We can do more layers of this dispatching.

I took the liberty of making it somewhat move-aware, in that T can be T& or T const& or T and it behaves reasonably. (I don't know about T&& off the top of my head).

As noted in other comments, some work to generate better error messages can be done. We want the compiler's error message to complain about the lack of a hash<T> implementation rather than a to_string implementation probably. That would involve writing a has_to_string traits class and either doing another layer of tag dispatching, or doing a static_assert to generate a useful message telling the end user to implement either the hash<T> specialization or T::to_string.

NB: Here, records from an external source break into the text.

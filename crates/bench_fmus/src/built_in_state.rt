ghost use Rattle.std.specs.Prelude.{◌≡◌, ◌+◌, ◌<◌, ◌≤◌, ◌^◌, [], IfOk, false, filter, if◌then◌else◌, int_lt, length, map, pos, set, slice_get, true, unwrap_or, vec_capacity};
ghost use Rattle.std.specs.Option.{option_map_or};
ghost use Rattle.fmi_calls.specs.Permission.{Permitted, is_input_clock};
ghost use Rattle.fmu_peer.specs.Machine.{after, all_written, mark_after, written, zero_at};
ghost use Rattle.value_types.specs.Shape.{dependency_at, is_known};
ghost use Rattle.bench_fmus.specs.BuiltIn.{no_fraction, spread, start_of, step_content, value_of};
ghost use Rattle.bench_fmus.specs.Told.{number_of_flag};

use crate::packed::{fits_bytes, order_of, pack, packed_size};
use crate::wrap::{count_of, wrapped_word, wrapping_sum};
use crate::{Model, SavedState};
use clock_fraction::Fraction;
use fmi_calls::{BadStatus, Call, Content, Kind, Phase, Reply};
use std::alloc::{AllocError, Global};
use value_types::{ByReference, Dependency, Knowns, PortType, Shape, Variable};

/// The numbers of a built-in machine's own.
#[derive(Clone, Copy, Debug, PartialEq, Eq)]
pub struct Numbers {
    /// whether the machine is in Initialization Mode
    pub is_initializing: bool,
    /// what a machine holds of its inputs
    pub held: i64,
    pub count: i64,
    /// the point of time, in counts
    pub point: u64,
    /// whether what happens once has happened
    pub has_fired: bool,
}

impl Numbers {
    ghost use Rattle.bench_fmus.specs.BuiltIn.{at_first, one_more};
    ghost use Rattle.bench_fmus.specs.Told.{told};

    /// The numbers before the first call.
    pub fn at_first() -> Numbers
        ensures { told result ≡ at_first }
    {
        Numbers {
            is_initializing: false,
            held: 0,
            count: 0,
            point: 0,
            has_fired: false,
        }
    }

    /// The count goes on by one.
    pub(crate) fn one_more(self) -> Numbers
        ensures { told result ≡ one_more (told self) }
    {
        Numbers {
            count: wrapping_sum(self.count, 1),
            ..self
        }
    }
}

/// The state of a built-in machine: its numbers, the value under each reference at the place of the first variable that
/// has it, and what Save keeps of both.
#[derive(Debug, Drop)]
pub struct BuiltInState {
    pub numbers: Numbers,
    pub values: Vec<i128>,
    pub saved: SavedState,
    /// the references with the places of their variables, in order
    pub order: Vec<(u32, usize)>,
    /// the references of the input Clocks
    pub clocks: Vec<u32>,
}
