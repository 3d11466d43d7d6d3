// An open export.
ghost use Rattle.std.specs.Prelude.{◌≡◌};
ghost use Rattle.catalogue.specs.Entries.{plain_entry, runs_in_segments};

use catalogue::TableEntry;
use segments::Run;

/// An open export: the entry at its opening, the runs of its segments, and the number of its pieces that were given. The pieces are the schema, one for
/// each segment, and the end.
#[derive(Drop)]
pub struct OpenExport {
    pub id: u64,
    pub entry: TableEntry,
    /// Kept, so that closing allocates no memory.
    pub runs: Vec<Run>,
    pub given: u64,
    pub ghost listed: { runs.items ≡ runs_in_segments (plain_entry entry).segments },
}
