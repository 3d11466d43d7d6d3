//! The open exports, and the runs that they protect from being overwritten.
//!
//! An export has the state of its opening: whatever happens to the table, the pieces are those of the segments at that time. An id is used only once.
//!
//! ```
//! let id = book.open(alloc, entry)?;
//! let export = book.get(id)?;
//! book.give(id);
//! let closed = book.close(id);
//! ```
#![tactic(auto)]

mod book;
mod export;
mod laws;

pub use book::{ExportBook, MAX_EXPORTS};
pub use export::OpenExport;
pub use laws::{ids_are_given_once, kept_runs_after_changes, runs_are_kept_few_times};
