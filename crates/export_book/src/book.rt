// The open exports.
ghost use Rattle.std.specs.Prelude.{◌≡◌, ◌≤◌, ◌==◌, true, false, length};
ghost use Rattle.std.specs.List.{position};
ghost use Rattle.segments.specs.declared.run.Run.{Run};
ghost use Rattle.segments.specs.Usages.{times_among};
ghost use Rattle.catalogue.specs.Entries.{plain_entry, runs_in_segments};
ghost use Rattle.export_book.specs.Book.{IsBook, MayGive, no_exports, runs_kept, is_full, open_at, with_open, with_given, without};
ghost use Rattle.export_book.specs.Plain.{book_in, is_counted, plain_export};
ghost use Rattle.export_book.specs.inner.Props.{book_prop};

use crate::OpenExport;
use catalogue::TableEntry;
use segments::Run;
use std::alloc::{AllocError, Global};

/// The maximum number of open exports.
pub const MAX_EXPORTS: usize = 64;

/// The open exports in the order in which they were opened, and the id of the next one.
#[derive(Drop)]
pub struct ExportBook {
    exports: Vec<OpenExport>,
    // `None` after the last id was used
    next: Option<u64>,
    ghost counted: { is_counted next ≡ true },
    ghost sound: { IsBook (book_in exports.items next) } by { book_prop (book_in exports.items next) },
}

// Returns the place of the export with this id, if it is open.
fn place_of(exports: &[OpenExport], id: u64) -> Option<usize>
    ensures { result ≡ position (λ e. e.id == id) exports.now }
{
    exports.iter().position(|export| export.id == id)
}

impl ExportBook {
    ghost use Rattle.std.specs.Prelude.{option_map, IfOk, OnOk, OnErr};
    ghost use Rattle.catalogue.specs.declared.limits.TheConstants.{MAX_SEGMENTS};
    ghost use Rattle.export_book.specs.View.{book_of};

    /// Creates a book without open exports, whose first id is 0.
    pub fn new(alloc: Global) -> Self
        ensures { book_of result ≡ no_exports }
    {
        ExportBook {
            exports: Vec::new(alloc),
            next: Some(0),
        }
    }

    /// Returns whether no further export can be opened: 64 are open, or the last id was used.
    pub fn is_full(&self) -> bool
        ensures full { result ≡ is_full (book_of self.now) }
        ensures sound { IsBook (book_of self.now) }
    {
        self.exports.len() >= MAX_EXPORTS || self.next.is_none()
    }

    /// Returns the export with this id, if it is open.
    pub fn get(&self, id: u64) -> Option<&OpenExport>
        ensures export { option_map (λ e. plain_export e.now) result ≡ open_at (book_of self.now) id }
        ensures sound { IsBook (book_of self.now) }
    {
        match place_of(&self.exports, id) {
            Some(place) => Some(&self.exports[place]),
            None => None,
        }
    }

    /// Returns the runs that the exports protect from being overwritten, each as often as exports name it.
    ///
    /// # Errors
    /// `AllocError` if memory was refused.
    pub fn runs(&self, alloc: Global) -> Result<Vec<Run>, AllocError>
        ensures { IfOk result (λ runs. runs.items ≡ runs_kept (book_of self.now).exports) }
    {
        let mut runs = Vec::new(alloc);
        for export in &self.exports {
            runs.extend_from_slice(&export.runs)?;
        }
        Ok(runs)
    }

    /// Opens an export of the table of this entry, and returns its id.
    ///
    /// # Errors
    /// `AllocError` if memory was refused; the book is then unchanged.
    pub fn open(&mut self, alloc: Global, entry: TableEntry) -> Result<u64, AllocError>
        requires room { is_full (book_of self.old) ≡ false }
        requires short { length (plain_entry entry).segments ≤ MAX_SEGMENTS }
        requires once { (run : Run) → times_among (runs_in_segments (plain_entry entry).segments) run ≤ 1 }
        ensures id { IfOk result (λ id. id ≡ (book_of self.old).next) }
        ensures opened { OnOk result (book_of self.new ≡ with_open (plain_entry entry).schema (plain_entry entry).segments (book_of self.old)) }
        ensures err { OnErr result (book_of self.new ≡ book_of self.old) }
    {
        let id = self.next.unwrap();
        let runs = entry.runs(alloc)?;
        let export = OpenExport {
            id,
            entry,
            runs,
            given: 0,
        };
        self.exports.push(export)?;
        let next = id.checked_add(1);
        self.next = next;
        Ok(id)
    }

    /// Counts one more piece of this export as given. Does nothing if it is not open.
    pub fn give(&mut self, id: u64)
        requires { MayGive (open_at (book_of self.old) id) }
        ensures { book_of self.new ≡ with_given id (book_of self.old) }
    {
        match place_of(&self.exports, id) {
            Some(place) => {
                let export = &mut self.exports[place];
                export.given += 1;
            }
            None => {}
        }
    }

    /// Closes the export with this id and returns it. Allocates no memory.
    pub fn close(&mut self, id: u64) -> Option<OpenExport>
        ensures closed { book_of self.new ≡ without id (book_of self.old) }
        ensures export { option_map plain_export result ≡ open_at (book_of self.old) id }
    {
        match place_of(&self.exports, id) {
            Some(place) => Some(self.exports.remove(place)),
            None => None,
        }
    }
}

Another option would be to make a universal hasher:

template<typename T>
struct Hasher
{
private:
  typedef has_hash< T > test_for_hash;
public:
  template<typename U>
  std::size_t operator()( U&& u ) const {
    return hash( std::forward<U>(u), test_for_hash() );
  }
private:
  template<typename U>
  std::size_t hash( U&& u, std::true_type has_hash ) const {
    return std::hash<T>()( std::forward<U>(u) ); // conversion occurs here
  }
  template<typename U>
  std::size_t hash( U&& u, std::false_type no_hash ) const {
    // TODO: static_assert that t.to_string exists, and if not give a useful error message
    T t = std::forward<U>(u); // conversion occurs here -- note, implicit on purpose!
    return std::hash<std::string>()( std::move(t).to_string() )
  }
};

which defers transformation-to-T until the last moment.